We really have 2008 R2 Standard, but it still applies. Here's the article about needing 'Enterprise' version:
(steps 19 & 20 , and the related 'yellow note.')
http://technet.microsoft.com/en-us/library/cc161804.aspx#BKMK_AMTprovisioning2
Also,I don't recall any specs mentioning if the Cert has to be V1, V2 or V3, which also makes a difference, apparently.
And a note on another article that says now Godaddy supports the AMT provisioning certs via its 'Standard' certs, so you don't have to shell out the extra bucks for the "Premium SSL Cert."
Also: http://technet.microsoft.com/en-us/library/cc700804.aspx
It mentions the "must-have" Enterprise version of o/s. Ugh!

That is an excellent article - I have only used the Enterprise Windows versions and it has always worked for me. So it sounds like either you upgrade or you look into GoDaddy. It's too bad you can't use the Host Based Provisioning method that was available starting with AMT 6.2 (push down a script, run it and you're provisioned.)

FYI, also, here are the 1-4 steps I found that also show, specifically from Godaddy, the cert having the 2 purposes and the OID # 2.16.840.1.114413.1.7.23.2

http://scug.be/blogs/sccm/archive/2010/05/06/step-by-step-guide-for-provisioning-intel-vpro-clients-in-sccm-2007-sp2-part-1.aspx

http://scug.be/blogs/sccm/archive/2010/05/06/step-by-step-guide-for-provisioning-intel-vpro-clients-in-sccm-2007-sp2-part-2.aspx

http://scug.be/blogs/sccm/archive/2010/05/06/step-by-step-guide-for-provisioning-intel-vpro-clients-in-sccm-2007-sp2-part-3.aspx

http://scug.be/blogs/sccm/archive/2010/05/06/step-by-step-guide-for-provisioning-intel-vpro-clients-in-sccm-2007-sp2-part-4.aspx

If someone can screen-shot or verify it does NOT need to have the 2 purposes, and so forth, and that they got it working with 2003/2008 NON-Enterprise (i.e., Standard - LOL) version, that would be good.

I don't think we have any more 2003 Enterpriseservers left around - even if we did, I would need to move my CA to that server, and I'm not doing that.

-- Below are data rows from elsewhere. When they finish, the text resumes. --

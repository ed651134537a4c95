//! The calls of a pass as machines: read, write and exchange of a field, the plain exchange at a word
//! that they share, and what each of them answers.
#![tactic(auto)]

mod copier;
mod ends;
mod exchange;
mod front;
mod machine_end;
mod new_object;
mod packed;
mod pass;
mod plain_exchange;
mod read;
mod room;
mod spot;
mod value;
mod watched;
mod write;

pub use copier::Copier;
pub use ends::{
    AccessRefusal, ExchangeEnd, MoveEnd, NewEnd, NewRefusal, ReadEnd, TryRefusal, WriteEnd,
};
pub use exchange::{Errand, ExchangeMachine};
pub use front::Front;
pub use machine_end::{MachineEnd, Request, end_of, start, with_end};
pub use new_object::{NewMachine, NewPlan, Placement};
pub use packed::{held_by, len_in};
pub use pass::{PassMachine, PassRecord};
pub use plain_exchange::{PlainExchange, Swap, TriesLeft};
pub use read::ReadMachine;
pub use room::Room;
pub use spot::Spot;
pub use value::value_of;
pub use watched::Watched;
pub use write::WriteMachine;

We do have some 2008 versions, but I'm not moving my CA just to get 'one or two' minor features that, imo, already should be allowed in 2008 R2 Standard!
Again: UGH!

Yeah, but 'host-based' is the "light/broken" version - it doesn't allow the remote KVM functionality, where I can re-direct the person's screen and remotely boot, while being like I'm right there at the"console."

I think that's the difference that I was remembering.

Few people realize that you can "move" a system in Client Control mode over to Admin Control Mode after AMT is enabled. I think the DTK offers this as soon as you connect to the system. Once an AMT system is enabled, and it can be in the most primative, basic configuration, you can modify it's configuration via the APIs or the powershell scripts that are included in the SDK. You can even apply TLS authentication once AMT is enabled. It doesn't all have to happen while running the Intel SCS tool.

As you can see, when you contact port 16992 on the local computer, the traffic is just captured byLMS and forwarded to AMT using a driver. It's not going thru the network at all. Also, network configuration on AMT will not affect the HECI driver or LMS.